Morningstar Wide Moat Focus Total Return Index (WMW): Prospectus, Portfolio

Index Construction

The Index is comprised of the twenty eligible companies in the Morningstar Wide Moat universe with the highest ratios of Fair Value Price to stock price.

Wide Moat companies: (i) a maintainable ROIC exceeding cost of capital and (ii) a sustainable competitive advantages (About 10 percent of companies in the Morningstar US Market Index).

The “Fair Value Price” of a company is calculated based on projections of future cash flows over three periods – (1) the succeeding 5 years, (2) year 6 until “perpetuity,” which is defined as when a company’s ROIC equals its cost of capital and (3) perpetuity. The sum of the projected future cash flows over these three periods is discounted to present value, netted against the company’s debt and adjusted for off-balance sheet assets and liabilities to arrive at a company’s fair value.

Reconstitution and Rebalancing

The Index is reconstituted and rebalanced such that the Index membership is reset and the weights of the Index Components are adjusted quarterly on the Monday following the third Friday of March, June, September and December of each year. Reconstitution and rebalancing are carried out after the day’s closing Index levels have been determined. The Index is equally weighted upon reconstitution and rebalancing and each Index Component has an initial weight of 5% of the Index.

Calculation of the Index

The Index is calculated daily using the following formula:

Index(t) = sum(pi(t)* si(t)) / C(t)*sum(pi(0)*si(0)), sums are over n stocks in the index

= (M(t)/B(t)) * Base IndexValue

The above formula can be simplified as:

Index(t) = M(t)/D(t)

where:

D(t) = divisor at time (t) = B(t)/Base Index Level

n = number of stocks in the Index

pj(0) = closing price of stock j at the base date

sj(0) = constructed shares of company j at the base date

pi(t) = price of stock i at time (t)

si(t) = constructed shares of company i at time (t)

C(t) = adjustment factor for the base date market capitalization

t = time the Index is calculated

M(t) = market capitalization of the Index at time (t)

B(t) = adjusted base date market capitalization of the Index at time (t)

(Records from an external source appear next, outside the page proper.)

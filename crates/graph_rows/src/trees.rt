//! Trees over lists and boxes. `trees`: a tree as words, a branch before what is on it, and the sum of its leaves modulo 256:
//! `pair list.3 1 pair 20 30 list.0 4 => 55`.

use case_rows::{Fault, Judge, named, part, put_number, size, small};
use items::{Boxed, Items, both};
use std::alloc::{AllocError, Global};

enum Tree {
    Leaf(u8),
    Node(Items<Tree>),
    Pair(Boxed<Tree>, Boxed<Tree>),
}

impl Drop for Tree {
    #[cycle(tree_drop)]
    fn drop(self) {
        match self {
            Tree::Leaf(_) => {}
            Tree::Node(_) => {}
            Tree::Pair(_, _) => {}
        }
    }
}

// The sum of the leaves, modulo 256.
fn total(tree: &Tree) -> u8 {
    match tree {
        Tree::Leaf(weight) => *weight,
        Tree::Node(children) => {
            let mut sum = 0u8;
            for child in children.as_slice() {
                sum = sum.wrapping_add(total(child));
            }
            sum
        }
        Tree::Pair(left, right) => total(left.get()).wrapping_add(total(right.get())),
    }
}

fn boxed(alloc: Global, tree: Option<Tree>) -> Result<Boxed<Tree>, Fault> {
    match tree {
        Some(tree) => Ok(Boxed::new(alloc, tree)?),
        None => Err(Fault::Form),
    }
}

// The tree of two that are taken off the stack.
fn pair(alloc: Global, stack: &mut Items<Tree>) -> Result<Tree, Fault> {
    let left = boxed(alloc, stack.pop())?;
    let (left, right) = both(left, boxed(alloc, stack.pop()))?;
    Ok(Tree::Pair(left, right))
}

// Takes a tree off the stack and puts it at the end of a list.
fn take(children: &mut Items<Tree>, stack: &mut Items<Tree>) -> Result<(), Fault> {
    match stack.pop() {
        Some(child) => Ok(children.push(child)?),
        None => Err(Fault::Form),
    }
}

fn take_all(children: &mut Items<Tree>, stack: &mut Items<Tree>, word: &[u8]) -> Result<(), Fault> {
    for _ in 0..size(part(word, b'.', 1))? {
        take(children, stack)?;
    }
    Ok(())
}

fn list(alloc: Global, stack: &mut Items<Tree>, word: &[u8]) -> Result<Tree, Fault> {
    let mut children = Items::new(alloc);
    let taken = take_all(&mut children, stack, word);
    let (children, _) = both(children, taken)?;
    Ok(Tree::Node(children))
}

#[derive(Clone, Copy)]
enum Branch {
    Pair,
    List,
}

static BRANCHES: [(&[u8], Branch); 2] = [(b"pair", Branch::Pair), (b"list", Branch::List)];

fn put_tree(alloc: Global, word: &[u8], stack: &mut Items<Tree>) -> Result<(), Fault> {
    let tree = match named(&BRANCHES, part(word, b'.', 0)) {
        Some(Branch::Pair) => pair(alloc, stack),
        Some(Branch::List) => list(alloc, stack, word),
        None => leaf(word),
    };
    push(stack, tree)
}

fn leaf(word: &[u8]) -> Result<Tree, Fault> {
    let weight = small(word).ok_or(Fault::Form)?;
    Ok(Tree::Leaf(weight))
}

fn push(stack: &mut Items<Tree>, tree: Result<Tree, Fault>) -> Result<(), Fault> {
    match tree {
        Ok(tree) => Ok(stack.push(tree)?),
        Err(fault) => Err(fault),
    }
}

fn put_trees(alloc: Global, text: &[u8], stack: &mut Items<Tree>) -> Result<(), Fault> {
    for word in text.rsplit(|c| *c == b' ') {
        put_tree(alloc, word, stack)?;
    }
    Ok(())
}

fn put_total(stack: &Items<Tree>, said: &mut Vec<u8>) -> Result<(), Fault> {
    match stack.as_slice() {
        [tree] => put_number(said, u64::from(total(tree))),
        _ => Err(Fault::Form),
    }
}

#[derive(Drop)]
pub struct Trees {
    pub alloc: Global,
}

impl Judge for Trees {
    fn row(&mut self, question: &[u8], _wanted: &[u8], said: &mut Vec<u8>) -> Result<(), Fault> {
        let mut stack = Items::new(self.alloc);
        let put = put_trees(self.alloc, question, &mut stack);
        let (stack, _) = both(stack, put)?;
        put_total(&stack, said)
    }
}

The shares (si(t)) for the Index Components are artificial constructs used for calculation purposes. Generally, because the Index is not market capitalization weighted, changes to the share capital structure of the Index Components do not affect the component weights. All dividends, regular or otherwise, paid on the Index Components are treated as reinvested in the Index and reflected in the Index level.